Raghav Hira Jha; Niraj Kumar Singh; Prawin Kumar

doi:10.1055/s-0041-1739534

Journal of the American Academy of Audiology, Inhaltsverzeichnis

J Am Acad Audiol 2022; 33(03): 116-124
DOI: 10.1055/s-0041-1739534

Research Article

Video Head Impulse Test in Persons with Blindness: Feasibility and Outcomes

Raghav Hira Jha

¹Department of Audiology, All India Institute of Speech and Hearing, Mysore, Karnataka, India

,

Niraj Kumar Singh

²Department of Audiology, All India Institute of Speech and Hearing, Mysore, Karnataka, India

,

Prawin Kumar

¹Department of Audiology, All India Institute of Speech and Hearing, Mysore, Karnataka, India

› Institutsangaben

Abstract

Background To achieve balance, persons with blindness (PWB) use proprioceptive and vestibular cues rather than the visual system; however, PWB are equally susceptible to acquire vestibular disorders.

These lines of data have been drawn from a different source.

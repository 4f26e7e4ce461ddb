//! How a static storage is made or opened.
ghost use Rattle.std.specs.Prelude.{◌≡◌, ℕ, ◌∷◌, ◌++◌, List, Bool, Some, None, true, IfOk, OnOk, OnErr};
ghost use Rattle.board_layout.specs.Answer.{Answers, Refuses};
ghost use Rattle.board_names.specs.declared.errors.static_storage.StaticStorageCreateError.TheVariants.{AlreadyExists, OutOfMemory};
ghost use Rattle.board_names.specs.declared.errors.static_storage.StaticStorageOpenError.TheVariants.{OutOfMemory as NoMemory};
ghost use Rattle.board_store.specs.Storage.{storage_of, started_builder, storing, look_answer, create_of, bytes_made, locked_of_builder, lock_of, open_of};
ghost use Rattle.board_store.specs.TypedCalls.{MayCreate, MayOpen};
ghost use Rattle.board_store.specs.declared.statics.Stored.TheVariants.{Locked as Stood, Final};

use crate::content::Content;
use crate::locked::Locked;
use crate::static_storage::{StaticStorage, StaticStorageBuilder};
use crate::statics::{StaticRegistry, Statics};
use crate::storage::Storage;
use board_names::{
    Configuration, FileName, NamePlace, NameRequest, NamedConceptBuilder, RegistryError,
    StaticStorageCreateError, StaticStorageOpenError,
};
use std::alloc::Global;
use std::marker::Model;
use std::sync::Wait;

/// A builder of a static storage. Clauses see its name, its configuration and whether what it makes owns the name.
#[derive(Drop)]
pub struct Builder {
    request: NameRequest<Statics>,
    owns: bool,
}

impl Model for Builder {
    ghost use Rattle.board_store.specs.Storage.{BuilderView};

    ghost Value = { BuilderView };

    ghost view = { λ b. record { named = b.request; owns = b.owns } };
}

impl Builder {
    /// `create` over the storages themselves.
    ///
    /// # Errors
    /// `AlreadyExists` where the name is held; `OutOfMemory`. The storages stay as they were.
    pub fn create_in(
        self,
        state: &mut Statics,
        alloc: Global,
        contents: &[u8],
    ) -> Result<Storage, StaticStorageCreateError>
        ensures answer { Answers result OutOfMemory (create_of self contents.now state.old) }
        ensures refused { Refuses result (create_of self contents.now state.old) }
        ensures ok { OnOk result (state.new ≡ storing state.old self (Final contents.now)) }
        ensures err { OnErr result (state.new ≡ state.old) }
    {
        let content = self.create_content(state, contents)?;
        Ok(self.into_storage(content))
    }

    /// `create_locked` over the storages themselves.
    ///
    /// # Errors
    /// `AlreadyExists` where the name is held; `OutOfMemory`. The storages stay as they were.
    pub fn create_locked_in(
        self,
        state: &mut Statics,
        alloc: Global,
    ) -> Result<Locked, StaticStorageCreateError>
        ensures answer { Answers result OutOfMemory (lock_of self state.old) }
        ensures refused { Refuses result (lock_of self state.old) }
        ensures ok { OnOk result (state.new ≡ storing state.old self Stood) }
        ensures err { OnErr result (state.new ≡ state.old) }
    {
        let place = self.request.place();
        state.create_locked(place.path())?;
        Ok(Locked::at(place, self.owns))
    }

    /// One look of `open`, over the storages themselves.
    ///
    /// # Errors
    /// `DoesNotExist` where the name isn't held; `InitializationNotYetFinalized` where it is locked; `OutOfMemory`.
    pub fn open_in(self, state: &mut Statics) -> Result<Storage, StaticStorageOpenError>
        ensures answer { Answers result NoMemory (open_of self state.old) }
        ensures refused { Refuses result (open_of self state.old) }
        ensures stays { state.new ≡ state.old }
    {
        let content = self.look_in(state)?;
        Ok(self.into_storage(content))
    }

    fn create_locking<R: Wait>(
        &self,
        rt: &R,
        contents: &[u8],
    ) -> Result<Content, StaticStorageCreateError>
        ensures value { IfOk result (λ content. content ≡ contents.now) }
        ensures refused { MayCreate result }
    {
        let mut state = self.request.lock(rt);
        self.create_content(&mut state, contents)
    }

    fn create_content(
        &self,
        state: &mut Statics,
        contents: &[u8],
    ) -> Result<Content, StaticStorageCreateError>
        ensures value { IfOk result (λ content. content ≡ contents.now) }
        ensures answer { Answers result OutOfMemory (bytes_made self.now contents.now state.old) }
        ensures refused { Refuses result (bytes_made self.now contents.now state.old) }
        ensures ok { OnOk result (state.new ≡ storing state.old self.now (Final contents.now)) }
        ensures err { OnErr result (state.new ≡ state.old) }
    {
        state.create(&self.request.path(), contents)
    }

    fn look_in(&self, state: &mut Statics) -> Result<Content, StaticStorageOpenError>
        ensures answer { Answers result NoMemory (look_answer self.now state.old) }
        ensures refused { Refuses result (look_answer self.now state.old) }
        ensures stays { state.new ≡ state.old }
    {
        state.try_open(&self.request.path())
    }

    fn look<R: Wait>(&self, rt: &R) -> Result<Content, StaticStorageOpenError>
        ensures { MayOpen result }
    {
        let mut state = self.request.lock(rt);
        self.look_in(&mut state)
    }

    /// Looks once more than `polls`, or until the name isn't locked.
    fn poll<R: Wait>(&self, rt: &R, polls: u32) -> Result<Content, StaticStorageOpenError>
        ensures { MayOpen result }
    {
        for _ in 0..polls {
            match self.look(rt) {
                Err(StaticStorageOpenError::InitializationNotYetFinalized) => {}
                answer => return answer,
            }
        }
        self.look(rt)
    }

    fn into_storage(self, content: Content) -> Storage
        ensures { result ≡ storage_of self content }
    {
        Storage::at(self.request.place(), self.owns, content)
    }
}

fn take<R: Wait>(rt: &R, place: &NamePlace<Statics>) -> Result<(), StaticStorageCreateError>
    ensures { MayCreate result }
{
    let mut state = place.lock(rt);
    state.create_locked(place.path())
}

impl NamedConceptBuilder for Builder {
    type Registry = StaticRegistry;

    ghost named = { λ b. b.named };

    ghost Told = { Bool };

    ghost told = { λ b. b.owns };

    ghost untold = { true };

    fn new(name: &FileName, registry: &StaticRegistry) -> Result<Builder, RegistryError>
        ensures { IfOk result (λ b. b ≡ started_builder name.now) }
    {
        let request = NameRequest::new(name, &Storage::default_suffix(), registry)?;
        Ok(Builder {
            request,
            owns: true,
        })
    }

    fn config(mut self, config: &Configuration) -> Builder
        ensures { result ≡ record self { named = record self.named { config = config.now } } }
    {
        self.request = self.request.with(config);
        self
    }
}

impl StaticStorageBuilder for Builder {
    type Storage = Storage;

    type Locked = Locked;

    ghost owns_it = { λ b. b.owns };

    ghost owns_as_told = { λ x y h. h };

    ghost owns_untold = { λ x h. h };

    fn has_ownership(mut self, value: bool) -> Builder
        ensures { result ≡ record self { owns = value } }
    {
        self.owns = value;
        self
    }

    fn create<R: Wait>(
        self,
        rt: &R,
        alloc: Global,
        contents: &[u8],
    ) -> Result<Storage, StaticStorageCreateError>
        ensures storage { IfOk result (λ storage. storage ≡ storage_of self contents.now) }
        ensures refused { MayCreate result }
    {
        let content = self.create_locking(rt, contents)?;
        Ok(self.into_storage(content))
    }

    fn create_locked<R: Wait>(
        self,
        rt: &R,
        alloc: Global,
    ) -> Result<Locked, StaticStorageCreateError>
        ensures locked { IfOk result (λ locked. locked ≡ locked_of_builder self) }
        ensures refused { MayCreate result }
    {
        let place = self.request.place();
        take(rt, &place)?;
        Ok(Locked::at(place, self.owns))
    }

    fn open<R: Wait>(self, rt: &R, polls: u32) -> Result<Storage, StaticStorageOpenError>
        ensures storage { IfOk result (λ storage. storage ≡ storage_of self storage.bytes) }
        ensures refused { MayOpen result }
    {
        let content = self.poll(rt, polls)?;
        Ok(self.into_storage(content))
    }
}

Reliable assessments of the vestibular system in PWB are essential to determine the presence or absence of vestibular disorders.

Purpose The saccular and the utricular functioning can be assessed using cervical vestibular-evoked myogenic potential and ocular vestibular-evoked myogenic potential, respectively. Evaluation of the functional integrity of the semicircular canals requires an assessment of the vestibular ocular reflex; however, this can be challenging in PWB. Video head impulse test (vHIT) assesses the vestibular ocular reflex (VOR) elicited against the natural high-frequency head movement in the planes of all six semicircular canals. This study aimed to explore the feasibility and outcomes of administering vHIT in PWB.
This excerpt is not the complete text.